The prototype is functional except for the offline device insertion and
hot spares functionality.  I hope to have this integrated within the
next month, along with the next phase of FMA integration.  Please
respond with any comments, concerns, or suggestions.

Thanks,

- Eric

--
Eric Schrock, Solaris Kernel Development   http://blogs.sun.com/eschrock
1. INTRODUCTION

Currently, ZFS supports what is affectionately known as poor man's
hotplug.  If a device is removed from the system, then it is assumed
that upon I/O failure, an attempt to reopen the same device will fail.
This will trigger a FMA fault, substituting a hot spare if available.
This is undesirable for two reasons:

- There is no distinction between device removal and arbitrary failure.
  If a device is removed from the system, it should be treated as a
  deliberate action different from normal failure.
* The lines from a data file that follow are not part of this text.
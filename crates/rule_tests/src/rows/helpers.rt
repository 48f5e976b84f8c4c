//! The entries and limits of the three helpers. Written by `bench/rows/rows.py`.
use crate::rows::{Row, is_answered};

static ROWS_1: [Row; 27] = [
    Row {
        shows: "helper 1 of 808596289",
        capacity: 100,
        starts: true,
        lines: r#"!@180100004133323U0000085`01`V
%+6(09:00)
!=
"#,
        replies: r#"^
^
^
^
| 7:LOC00,LOC02,LOC03,LOC05
"#,
    },
    Row {
        shows: "helper 1 of 942880578",
        capacity: 100,
        starts: true,
        lines: r#"!@1801000042373338U000085`01`V
%+6(09:00)
!=
"#,
        replies: r#"^
^
^
^
| 7:LOC00,LOC02,LOC03,LOC05
"#,
    },
    Row {
        shows: "helper 1 of 943207233",
        capacity: 100,
        starts: true,
        lines: r#"!@1801000041333838U000085`01`V
%+6(09:00)
!=
"#,
        replies: r#"^
^
^
^
| 7:LOC03,LOC04,LOC05,LOC06
"#,
    },
    Row {
        shows: "helper 1 of 0",
        capacity: 100,
        starts: true,
        lines: r#"!@1801UU000085`01`V
%+6(09:00)
!=
"#,
        replies: r#"^
^
^
^
| 7:LOC02,LOC03,LOC04,LOC05
"#,
    },
    Row {
        shows: "helper 1 of 4294967295",
        capacity: 100,
        starts: true,
        lines: r#"!@18010000ffffffffU000085`01`V
%+6(09:00)
!=
"#,
        replies: r#"^
^
^
^
| 7:LOC02,LOC03,LOC04,LOC05
"#,
    },
    Row {
        shows: "helper 1 of 808596290",
        capacity: 100,
        starts: true,
        lines: r#"!@180100004233323U0000085`01`V
%+6(09:00)
!=
"#,
        replies: r#"^
^
^
^
| 7:LOC02,LOC03,LOC04,LOC05
"#,
    },
    Row {
        shows: "helper 1: argument 1",
        capacity: 100,
        starts: false,
        lines: r#"!@1801UU000085`01`V
!@18010000ffffffffU000085`01`V
!@1801U`0001`85`01`V
!@18010000ffffffff`00ffffffff85`01`V
"#,
        replies: r#"^
^
bad 313 2
bad 313 2
"#,
    },
    Row {
        shows: "helper 1: its answers",
        capacity: 100,
        starts: false,
        lines: r#"!@1801UU000085`01`18060000a005U`002d6001`000095U00bf7U0V
!@1801UU000085`01`180600009f05U`002d6001`000095U00bf7U0V
!@1801UU000085`01`1806000001U`0000ad6001`000095U00bf7U0V
!@1801UU000085`01`1806000002U`0000ad6001`000095U00bf7U0V
"#,
        replies: r#"^
bad 308 7
^
bad 308 7
"#,
    },
    Row {
        shows: "helper 2 of 12",
        capacity: 100,
        starts: true,
        lines: r#"!@180100000cU`000085`02`V
%+6(09:00)
!=
"#,
        replies: r#"^
^
^
^
| 7:LOC01,LOC03
"#,
    },
    Row {
        shows: "helper 2 of 120",
        capacity: 100,
        starts: true,
        lines: r#"!@1801000078U`000085`02`V
%+6(09:00)
!=
"#,
        replies: r#"^
^
^
^
| 7:LOC00,LOC01,LOC02,LOC03
"#,
    },
    Row {
        shows: "helper 2 of 900",
        capacity: 100,
        starts: true,
        lines: r#"!@180100008403U`0085`02`V
%+6(09:00)
!=
"#,
        replies: r#"^
^
^
^
| 7:LOC02,LOC04
"#,
    },
    Row {
        shows: "helper 2 of 0",
        capacity: 100,
        starts: true,
        lines: r#"!@1801UU000085`02`V
%+6(09:00)
!=
"#,
        replies: r#"^
^
^
^
| 7:LOC01,LOC03
"#,
    },
    Row {
        shows: "helper 2 of 99",
        capacity: 100,
        starts: true,
        lines: r#"!@1801000063U`000085`02`V
%+6(09:00)
!=
"#,
        replies: r#"^
^
^
^
| 7:LOC01,LOC03
"#,
    },
    Row {
        shows: "helper 2 of 100",
        capacity: 100,
        starts: true,
        lines: r#"!@1801000064U`000085`02`V
%+6(09:00)
!=
"#,
        replies: r#"^
^
^
^
| 7:LOC00,LOC01,LOC02,LOC03
"#,
    },
    Row {
        shows: "helper 2 of 499",
        capacity: 100,
        starts: true,
        lines: r#"!@18010000f301U`0085`02`V
%+6(09:00)
!=
"#,
        replies: r#"^
^
^
^
| 7:LOC00,LOC01,LOC02,LOC03
"#,
    },
    Row {
        shows: "helper 2 of 500",
        capacity: 100,
        starts: true,
        lines: r#"!@18010000f401U`0085`02`V
%+6(09:00)
!=
"#,
        replies: r#"^
^
^
^
| 7:LOC02,LOC04
"#,
    },
    Row {
        shows: "helper 2 of 999",
        capacity: 100,
        starts: true,
        lines: r#"!@18010000e703U`0085`02`V
%+6(09:00)
!=
"#,
        replies: r#"^
^
^
^
| 7:LOC02,LOC04
"#,
    },
    Row {
        shows: "helper 2: argument 1",
        capacity: 100,
        starts: false,
        lines: r#"!@1801UU000085`02`V
!@18010000e703U`0085`02`V
!@18010000e803U`0085`02`V
!@18010000ffffffff`00ffffffff85`02`V
"#,
        replies: r#"^
^
bad 313 2
bad 313 2
"#,
    },
    Row {
        shows: "helper 2: its answers",
        capacity: 100,
        starts: false,
        lines: r#"!@1801UU000085`02`180600003cU`00002d6001`000095U00bf7U0V
!@1801UU000085`02`180600003bU`00002d6001`000095U00bf7U0V
!@1801UU000085`02`1806000001U`0000ad6001`000095U00bf7U0V
!@1801UU000085`02`1806000002U`0000ad6001`000095U00bf7U0V
"#,
        replies: r#"^
bad 308 7
^
bad 308 7
"#,
    },
    Row {
        shows: "helper 3 of 7 5",
        capacity: 100,
        starts: true,
        lines: r#"!@1801000007U`00001802000005U`000085`03`V
%+6(09:00)
!=
"#,
        replies: r#"^
^
^
^
| 7:LOC02,LOC03
"#,
    },
    Row {
        shows: "helper 3 of 0 0",
        capacity: 100,
        starts: true,
        lines: r#"!@1801UU00001802UU000085`03`V
%+6(09:00)
!=
"#,
        replies: r#"^
^
^
^
| -
"#,
    },
    Row {
        shows: "helper 3 of 0 1",
        capacity: 100,
        starts: true,
        lines: r#"!@1801UU00001802000001U`000085`03`V
%+6(09:00)
!=
"#,
        replies: r#"^
^
^
^
| 7:LOC00
"#,
    },
    Row {
        shows: "helper 3 of 4294967295 10000",
        capacity: 100,
        starts: true,
        lines: r#"!@18010000ffffffffU0000180200001027U`0085`03`V
%+6(09:00)
!=
"#,
        replies: r#"^
^
^
^
| 7:LOC00,LOC01,LOC02,LOC03,LOC08,LOC09,LOC10,LOC13
"#,
    },
    Row {
        shows: "helper 3 of 29000700 60",
        capacity: 100,
        starts: true,
        lines: r#"!@18010000fc83ba01U0000180200003cU`000085`03`V
%+6(09:00)
!=
"#,
        replies: r#"^
^
^
^
| 7:LOC03,LOC04,LOC05,LOC10,LOC15
"#,
    },
    Row {
        shows: "helper 3: argument 1",
        capacity: 100,
        starts: false,
        lines: r#"!@1802UU00001801UU000085`03`V
!@1802UU000018010000ffffffffU000085`03`V
!@1802UU00001801U`0001`85`03`V
!@1802UU000018010000ffffffff`00ffffffff85`03`V
"#,
        replies: r#"^
^
bad 313 4
bad 313 4
"#,
    },
    Row {
        shows: "helper 3: argument 2",
        capacity: 100,
        starts: false,
        lines: r#"!@1801UU00001802UU000085`03`V
!@1801UU0000180200001027U`0085`03`V
!@1801UU0000180200001127U`0085`03`V
!@1801UU000018020000ffffffff`00ffffffff85`03`V
"#,
        replies: r#"^
^
bad 313 4
bad 313 4
"#,
    },
    Row {
        shows: "helper 3: its answers",
        capacity: 100,
        starts: false,
        lines: r#"!@1801UU00001802UU000085`03`180600000f27U01`2d6001`000095U00bf7U0V
!@1801UU00001802UU000085`03`180600000e27U01`2d6001`000095U00bf7U0V
!@1801UU00001802UU000085`03`1806UU0000ad6001`000095U00bf7U0V
!@1801UU00001802UU000085`03`1806000001U`0000ad6001`000095U00bf7U0V
"#,
        replies: r#"^
bad 308 9
^
bad 308 9
"#,
    },
];

#[test]
fn part_1(rt: HostRuntime) {
    for row in &ROWS_1 {
        is_answered(&rt, rt.alloc(), row);
    }
}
- There is no support for automatic response to device insertion.  For a
  server configured with a ZFS pool, the administrator should be able to
  walk up, remove any drive (preferably a faulted one), insert a new
  drive, and not have to issue any ZFS commands to reconfigure the pool.
  This is particularly true for the appliance space, where hardware
  reconfiguration should just work.

This case enhances ZFS to respond to device removal and provides a
mechanism to automatically deal with device insertion.  While the
framework is generic, the primary target is devices supported by
the SATA framework.  The only device-specific portion of this proposal
concerns determining if a device is in the same physical location as a
previously known device, involve correlating a transport's enumeration
of the device with the device's physical location within the chassis.


2. DEVICE REMOVAL

There are two types of device removal within Solaris.  Coordinated
device removal involves stopping all consumers of the device, using the
appropriate cfgadm(1M) command (PSARC 1996/285), and then physically
removing the device.  Uncoordinated removal (also known as surprise
removal) is when a device is physically removed while still in active
use by the system.  The latter increasingly common as more I/O protocols
support hotplug and higher level software (ZFS) becomes more capable.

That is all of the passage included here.